Retour des arbres dans les espaces cultivés tropicaux.


La régénération naturelle assistée (RNA) est utilisée au Sahel depuis plus de vingt ans. Cette méthode a permis de reconstituer des systèmes  agroforestiers complexes sur des centaines de milliers d’hectares (Niger, Nord-Cameroun, etc.), avec la contribution du Cirad. Elle pourrait être appliquée en zone tropicale humide, où la forêt est défrichée à grande échelle par abattis-brûlis, laissant la place après culture à des jachères à Chromolaena odorata, très pauvres en biodiversité.

En République démocratique du Congo (RDC), sur le plateau Batéké, le projet européen Makala a testé les méthodes de RNA dans les derniers lambeaux de forêts galerie, avec les populations.

Choix des arbres à conserver 

Lorsqu’un agriculteur veut mettre en culture une parcelle de forêt ou de jachère arborée, il lui est conseillé de défricher d’abord le sous-bois. Avec l’aide d’un agent du projet, il évalue rapidement le potentiel des ligneux présents. Il s’interroge ainsi sur les espèces qu’il souhaite conserver, pour leur rôle fertilisant ou pour leurs productions (chenilles, fruits, bois de chauffage, bois d’œuvre, pharmacopée, etc.). Il évalue l’abondance de chaque espèce et s’interroge sur les individus pouvant être sauvegardés lors de l’abattage, de la mise à feu, puis de la mise en culture. Fort de cette réflexion, il sélectionne les arbres à conserver, en essayant de les répartir au mieux dans l’espace, avec au moins un arbre par espèce utile, tout en évitant l’ombrage excessif (suivant les houppiers, une densité de 100 arbres/ha assure un recouvrement d’environ 25%). Chaque arbre à conserver est identifié par une corde ou un anneau de peinture.

Défrichement sélectif et mise en culture

Les arbres non marqués sont abattus, puis sciés ou débités pour produire du charbon. La base des arbres à conserver est dégagée sur un rayon de 2 mètres. Les branchages rémanents ne sont brûlés qu’après 2 ou 3 pluies (50 mm). Les dégâts d’abattage et le passage du feu réduisent la densité à environ 60 arbres/ha. La parcelle est semée en céréales (maïs, etc.). Trois mois plus tard, les céréales sont récoltées et le manioc bouturé. La parcelle est alors sarclée. L’agriculteur sélectionne les repousses d’arbres qu’il veut garder (semis, rejets ou drageons) et les désigne par un piquet. Cela est particulièrement utile dans les trouées sans grands arbres. Les jeunes arbres conservés sont éclaircis, élagués par l’équipe de sarclage. Ils se développent après la récolte du manioc, pendant le cycle de jachère (6-12 ans) réservé au pâturage, à la cueillette, la chasse, l’apiculture, etc.

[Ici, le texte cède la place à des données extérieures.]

// Trace: plays the script of standard input, of any length, and writes what its lines tell.
//
// The store has 16 entries and 700 records, the lent list 1,024 words. Crate tracing says what a script is. If the input cannot be read or what was told
// cannot be written, it says so on standard error, with the system's reason, and stops.
#![tactic(auto)]

use arrayvec::ArrayString;
use failures::Failure;
use scripts::text::Told;
use std::fmt::Write;
use std::io::Read;
use tracing::{LIST, STORE, Script};

// Room for the longest line: a number of 20 digits, a word, two numbers, 512 pairs of at most 22 bytes.
type Text = ArrayString<16384>;

// Writes what was told, each line at once, however long it is.
fn show(rt: &impl Print, text: &mut Text, told: Option<Told<'_>>) -> Result<(), Failure> {
    let Some(told) = told else {
        return Ok(());
    };
    text.clear();
    let _ = text.writeln(told);
    rt.write_all(text.as_str().as_bytes())
        .map_err(Failure::Output)
}

fn play(
    rt: &impl Print,
    store: &mut [u32],
    list: &mut [u32],
    text: &mut Text,
    script: &mut Script,
    bytes: &[u8],
) -> Result<(), Failure> {
    for byte in bytes {
        show(rt, text, script.read_byte(store, list, *byte))?;
    }
    Ok(())
}

// Nothing says that the input ends, so the reads are counted, up to a number that no run uses up.
fn play_all(rt: &(impl Input + Print), store: &mut [u32], list: &mut [u32]) -> Result<(), Failure> {
    let mut script = Script::start(store);
    let mut text = Text::new();
    let mut reader = rt.reader();
    let mut buf = [0u8; 4096];
    for _ in 0..u64::MAX {
        let n = reader.read(&mut buf).map_err(Failure::Input)?;
        if n == 0 {
            break;
        }
        play(rt, store, list, &mut text, &mut script, &buf[..n])?;
    }
    show(rt, &mut text, script.read_end(store, list))
}

fn main(rt: HostRuntime) {
    let mut store = [0; STORE];
    let mut list = [0; LIST];
    if let Err(failure) = play_all(&rt, &mut store, &mut list) {
        let _ = eprintln!(rt; "trace: {failure}");
    }
}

Mise en place progressive d’un système agroforestier

On espère ainsi mettre en place un système où l’arbre et les cultures cohabitent. Ce système, inspiré des pratiques anciennes, mais adapté aux possibilités et aux besoins actuels des agriculteurs, conservera mieux les sols et la biodiversité, tout en augmentant les ressources des populations. En RDC, 40 espèces différentes, dont une forte proportion de légumineuses, sont ainsi conservées.

Effets et conditions d’adoption de cette innovation

Les ingénieurs-chercheurs du projet européen Makala, étudient l’effet de cette méthode sur la diversité spécifique, la croissance des espèces, le taux de reconstitution de la biomasse, le stock de carbone, les semis spontanés d’espèces non sélectionnées au départ, et la perception qu’en ont des paysans. Il faut encore en évaluer la diffusion : comment les agriculteurs l’adaptent à leurs besoins, quels problèmes fonciers elle engendre entre ayants-droits et cultivateurs. Une projection des impacts à moyen terme sur la biodiversité, le carbone, la durabilité de la production agricole et forestière et l’économie des ménages et de la région est en cours. Elle est comparée au scénario « sans Makala », c'est-à dire sans protection d’arbres dans les cultures.

Il faudra imaginer comment encourager les agriculteurs à poursuivre cet effort au-delà du projet actuel. Une des pistes explorées est celle d’un Fonds forestier, comme il en existe en Europe, qui serait financé par les crédits « carbone » (Mécanisme pour un développement propre, MDP) ou REDD (protection des forêts).